Task details
Pull every line that includes the word "DateText" from the data.

Information provided
:::

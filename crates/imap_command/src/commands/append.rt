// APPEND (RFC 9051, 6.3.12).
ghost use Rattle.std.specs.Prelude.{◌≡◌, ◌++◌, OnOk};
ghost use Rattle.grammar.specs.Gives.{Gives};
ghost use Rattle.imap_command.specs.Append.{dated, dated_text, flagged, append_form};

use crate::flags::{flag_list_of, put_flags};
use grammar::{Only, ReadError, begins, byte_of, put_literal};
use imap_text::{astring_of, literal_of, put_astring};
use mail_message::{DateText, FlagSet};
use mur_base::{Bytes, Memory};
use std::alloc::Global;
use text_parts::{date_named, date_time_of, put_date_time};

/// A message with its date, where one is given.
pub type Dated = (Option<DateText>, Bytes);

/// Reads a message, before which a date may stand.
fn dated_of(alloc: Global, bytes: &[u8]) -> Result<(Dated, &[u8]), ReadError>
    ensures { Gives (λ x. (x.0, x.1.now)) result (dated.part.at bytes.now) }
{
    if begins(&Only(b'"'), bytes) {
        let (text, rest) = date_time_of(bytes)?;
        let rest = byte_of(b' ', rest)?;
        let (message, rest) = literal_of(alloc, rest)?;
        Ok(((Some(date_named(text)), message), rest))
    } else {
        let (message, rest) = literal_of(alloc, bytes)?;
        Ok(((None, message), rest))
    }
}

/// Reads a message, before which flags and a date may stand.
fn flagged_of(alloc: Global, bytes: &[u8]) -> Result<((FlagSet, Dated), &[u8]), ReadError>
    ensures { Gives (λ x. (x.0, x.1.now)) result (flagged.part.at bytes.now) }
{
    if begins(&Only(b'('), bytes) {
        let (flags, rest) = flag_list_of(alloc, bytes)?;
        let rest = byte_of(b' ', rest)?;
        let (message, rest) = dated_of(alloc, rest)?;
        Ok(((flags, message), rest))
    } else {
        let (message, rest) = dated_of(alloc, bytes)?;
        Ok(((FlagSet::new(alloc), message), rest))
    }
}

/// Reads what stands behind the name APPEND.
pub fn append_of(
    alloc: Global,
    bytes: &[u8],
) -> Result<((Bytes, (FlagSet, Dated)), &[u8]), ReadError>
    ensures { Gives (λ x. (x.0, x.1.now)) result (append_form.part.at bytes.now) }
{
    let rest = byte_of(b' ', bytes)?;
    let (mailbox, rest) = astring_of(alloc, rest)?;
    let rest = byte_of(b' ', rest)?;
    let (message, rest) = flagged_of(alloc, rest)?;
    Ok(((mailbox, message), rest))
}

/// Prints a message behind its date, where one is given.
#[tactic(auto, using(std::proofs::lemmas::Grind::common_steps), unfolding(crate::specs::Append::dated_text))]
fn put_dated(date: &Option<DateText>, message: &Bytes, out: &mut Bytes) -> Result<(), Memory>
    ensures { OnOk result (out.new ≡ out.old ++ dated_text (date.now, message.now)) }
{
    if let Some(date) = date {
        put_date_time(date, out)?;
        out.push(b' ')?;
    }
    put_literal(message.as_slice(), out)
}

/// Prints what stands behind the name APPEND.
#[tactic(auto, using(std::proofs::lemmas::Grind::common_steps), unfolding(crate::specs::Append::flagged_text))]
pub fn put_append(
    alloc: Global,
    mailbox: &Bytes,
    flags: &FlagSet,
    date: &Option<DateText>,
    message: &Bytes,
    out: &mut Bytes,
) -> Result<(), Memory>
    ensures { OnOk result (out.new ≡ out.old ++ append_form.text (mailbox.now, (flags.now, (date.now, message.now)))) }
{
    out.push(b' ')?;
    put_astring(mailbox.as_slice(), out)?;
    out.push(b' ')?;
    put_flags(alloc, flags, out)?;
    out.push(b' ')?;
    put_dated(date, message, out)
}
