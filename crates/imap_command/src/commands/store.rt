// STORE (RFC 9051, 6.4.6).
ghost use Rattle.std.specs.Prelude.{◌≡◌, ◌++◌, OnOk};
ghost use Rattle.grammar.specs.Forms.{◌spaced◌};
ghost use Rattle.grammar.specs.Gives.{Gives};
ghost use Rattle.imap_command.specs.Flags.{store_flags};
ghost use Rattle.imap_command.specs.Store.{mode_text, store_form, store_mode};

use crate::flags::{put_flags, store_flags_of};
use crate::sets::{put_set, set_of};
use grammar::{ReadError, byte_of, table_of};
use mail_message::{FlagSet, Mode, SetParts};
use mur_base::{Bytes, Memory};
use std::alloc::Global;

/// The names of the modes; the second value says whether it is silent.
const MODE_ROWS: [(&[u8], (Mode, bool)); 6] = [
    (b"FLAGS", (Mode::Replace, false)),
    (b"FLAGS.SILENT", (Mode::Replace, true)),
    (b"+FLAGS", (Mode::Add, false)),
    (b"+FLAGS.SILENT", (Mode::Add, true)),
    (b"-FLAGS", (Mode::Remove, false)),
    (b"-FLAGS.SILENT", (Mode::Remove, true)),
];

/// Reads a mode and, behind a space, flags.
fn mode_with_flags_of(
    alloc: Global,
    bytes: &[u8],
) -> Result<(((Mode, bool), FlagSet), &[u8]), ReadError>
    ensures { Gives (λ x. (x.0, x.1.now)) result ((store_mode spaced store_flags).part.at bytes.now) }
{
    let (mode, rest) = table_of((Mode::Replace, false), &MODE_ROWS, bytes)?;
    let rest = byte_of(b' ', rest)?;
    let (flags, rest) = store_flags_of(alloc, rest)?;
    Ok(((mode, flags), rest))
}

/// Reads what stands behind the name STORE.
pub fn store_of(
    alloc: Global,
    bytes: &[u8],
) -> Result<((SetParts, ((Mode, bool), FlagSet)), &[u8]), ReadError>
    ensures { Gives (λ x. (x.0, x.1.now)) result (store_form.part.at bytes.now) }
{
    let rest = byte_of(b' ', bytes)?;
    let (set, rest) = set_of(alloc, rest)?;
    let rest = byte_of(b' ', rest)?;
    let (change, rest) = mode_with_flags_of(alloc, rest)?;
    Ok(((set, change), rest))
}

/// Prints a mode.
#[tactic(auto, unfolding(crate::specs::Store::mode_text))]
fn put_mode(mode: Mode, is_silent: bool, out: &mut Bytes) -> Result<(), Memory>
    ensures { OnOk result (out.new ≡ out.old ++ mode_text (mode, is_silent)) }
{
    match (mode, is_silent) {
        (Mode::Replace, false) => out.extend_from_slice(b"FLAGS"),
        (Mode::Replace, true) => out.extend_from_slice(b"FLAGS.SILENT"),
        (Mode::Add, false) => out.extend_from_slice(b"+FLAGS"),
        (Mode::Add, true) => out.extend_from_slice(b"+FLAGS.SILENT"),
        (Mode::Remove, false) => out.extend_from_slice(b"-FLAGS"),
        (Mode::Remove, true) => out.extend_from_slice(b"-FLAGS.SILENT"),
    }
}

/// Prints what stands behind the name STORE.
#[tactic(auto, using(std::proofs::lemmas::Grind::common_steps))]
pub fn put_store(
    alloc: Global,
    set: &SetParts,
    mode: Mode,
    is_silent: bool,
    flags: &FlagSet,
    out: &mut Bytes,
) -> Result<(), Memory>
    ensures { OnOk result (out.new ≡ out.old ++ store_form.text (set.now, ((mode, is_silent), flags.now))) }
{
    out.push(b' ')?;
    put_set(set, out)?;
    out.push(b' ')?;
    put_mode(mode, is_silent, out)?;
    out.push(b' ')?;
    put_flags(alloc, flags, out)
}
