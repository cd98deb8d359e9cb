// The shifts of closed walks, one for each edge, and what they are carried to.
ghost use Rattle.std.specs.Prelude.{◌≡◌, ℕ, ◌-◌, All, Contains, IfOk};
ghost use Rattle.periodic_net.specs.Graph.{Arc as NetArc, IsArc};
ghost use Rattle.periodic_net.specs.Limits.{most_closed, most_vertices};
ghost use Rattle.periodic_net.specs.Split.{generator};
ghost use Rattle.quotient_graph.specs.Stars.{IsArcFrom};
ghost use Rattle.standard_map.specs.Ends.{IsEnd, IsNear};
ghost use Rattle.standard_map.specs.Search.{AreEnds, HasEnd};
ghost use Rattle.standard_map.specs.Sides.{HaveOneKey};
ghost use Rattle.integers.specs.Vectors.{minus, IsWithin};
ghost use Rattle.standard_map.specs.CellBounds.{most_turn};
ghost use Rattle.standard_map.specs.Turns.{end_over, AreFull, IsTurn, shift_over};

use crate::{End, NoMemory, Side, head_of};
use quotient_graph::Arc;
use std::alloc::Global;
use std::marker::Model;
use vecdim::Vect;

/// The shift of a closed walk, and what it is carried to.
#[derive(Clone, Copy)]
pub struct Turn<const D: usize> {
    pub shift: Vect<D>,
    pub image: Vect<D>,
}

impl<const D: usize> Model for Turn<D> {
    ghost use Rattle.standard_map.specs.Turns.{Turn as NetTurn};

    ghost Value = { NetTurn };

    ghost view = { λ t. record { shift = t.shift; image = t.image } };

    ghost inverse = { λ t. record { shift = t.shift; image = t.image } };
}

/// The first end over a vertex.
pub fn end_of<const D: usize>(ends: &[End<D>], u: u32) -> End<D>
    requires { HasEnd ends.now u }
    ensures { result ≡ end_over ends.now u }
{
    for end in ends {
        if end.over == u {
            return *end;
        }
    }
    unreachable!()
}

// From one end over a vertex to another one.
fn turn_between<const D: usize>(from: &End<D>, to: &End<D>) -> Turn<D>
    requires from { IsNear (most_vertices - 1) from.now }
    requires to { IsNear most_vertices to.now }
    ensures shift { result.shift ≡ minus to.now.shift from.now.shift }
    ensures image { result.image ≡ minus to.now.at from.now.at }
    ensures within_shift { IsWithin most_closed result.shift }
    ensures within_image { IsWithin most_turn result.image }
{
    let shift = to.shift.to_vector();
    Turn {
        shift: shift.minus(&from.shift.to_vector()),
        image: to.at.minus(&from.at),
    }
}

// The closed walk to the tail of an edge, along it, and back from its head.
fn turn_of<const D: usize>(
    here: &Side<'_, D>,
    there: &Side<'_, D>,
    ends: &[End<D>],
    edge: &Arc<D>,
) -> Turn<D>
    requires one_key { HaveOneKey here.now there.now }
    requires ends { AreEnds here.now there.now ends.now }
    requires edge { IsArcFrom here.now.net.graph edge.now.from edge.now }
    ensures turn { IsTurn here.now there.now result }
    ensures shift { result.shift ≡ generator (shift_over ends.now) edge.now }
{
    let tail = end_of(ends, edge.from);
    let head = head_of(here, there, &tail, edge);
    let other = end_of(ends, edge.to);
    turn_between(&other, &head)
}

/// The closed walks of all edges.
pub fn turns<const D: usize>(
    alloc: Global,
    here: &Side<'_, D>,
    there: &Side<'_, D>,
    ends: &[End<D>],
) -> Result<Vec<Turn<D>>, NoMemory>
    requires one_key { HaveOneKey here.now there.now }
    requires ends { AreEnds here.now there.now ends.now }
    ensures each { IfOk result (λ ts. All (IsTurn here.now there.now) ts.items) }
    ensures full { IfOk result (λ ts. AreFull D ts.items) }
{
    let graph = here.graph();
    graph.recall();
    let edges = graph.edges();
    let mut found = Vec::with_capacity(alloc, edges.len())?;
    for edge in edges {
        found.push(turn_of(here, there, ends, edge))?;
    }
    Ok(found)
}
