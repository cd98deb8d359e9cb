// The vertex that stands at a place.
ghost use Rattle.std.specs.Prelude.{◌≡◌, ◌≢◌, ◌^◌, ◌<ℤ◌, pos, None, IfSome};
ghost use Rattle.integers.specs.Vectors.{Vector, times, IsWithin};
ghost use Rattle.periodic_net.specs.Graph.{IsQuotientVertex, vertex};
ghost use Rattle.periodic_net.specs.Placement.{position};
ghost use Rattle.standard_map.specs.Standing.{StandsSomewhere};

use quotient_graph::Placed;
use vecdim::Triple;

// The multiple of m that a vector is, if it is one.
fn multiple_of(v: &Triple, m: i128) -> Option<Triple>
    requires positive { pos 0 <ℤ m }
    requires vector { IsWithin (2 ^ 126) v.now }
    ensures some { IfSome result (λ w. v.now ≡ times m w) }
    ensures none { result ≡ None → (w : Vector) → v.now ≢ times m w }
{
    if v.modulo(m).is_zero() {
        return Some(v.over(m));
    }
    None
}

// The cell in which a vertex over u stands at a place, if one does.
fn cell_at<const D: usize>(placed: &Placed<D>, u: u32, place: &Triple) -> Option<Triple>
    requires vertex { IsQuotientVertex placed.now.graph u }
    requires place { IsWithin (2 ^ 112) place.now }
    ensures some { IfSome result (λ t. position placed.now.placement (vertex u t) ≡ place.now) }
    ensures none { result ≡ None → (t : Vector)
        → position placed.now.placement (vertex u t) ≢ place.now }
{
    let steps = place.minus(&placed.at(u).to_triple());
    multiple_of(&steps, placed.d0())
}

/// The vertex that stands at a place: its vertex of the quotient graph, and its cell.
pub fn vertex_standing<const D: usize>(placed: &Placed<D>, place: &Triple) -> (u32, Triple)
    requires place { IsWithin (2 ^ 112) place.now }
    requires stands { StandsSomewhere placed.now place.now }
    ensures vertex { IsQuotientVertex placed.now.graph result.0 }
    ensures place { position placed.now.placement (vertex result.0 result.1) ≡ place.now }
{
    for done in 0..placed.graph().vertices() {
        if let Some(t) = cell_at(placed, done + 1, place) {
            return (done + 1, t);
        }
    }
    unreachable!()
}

:::

Expected output
use mail_message::{DateText, FlagSet};
pub type Dated = (Option<DateText>, Bytes);
fn put_dated(date: &Option<DateText>, message: &Bytes, out: &mut Bytes) -> Result<(), Memory>
    date: &Option<DateText>,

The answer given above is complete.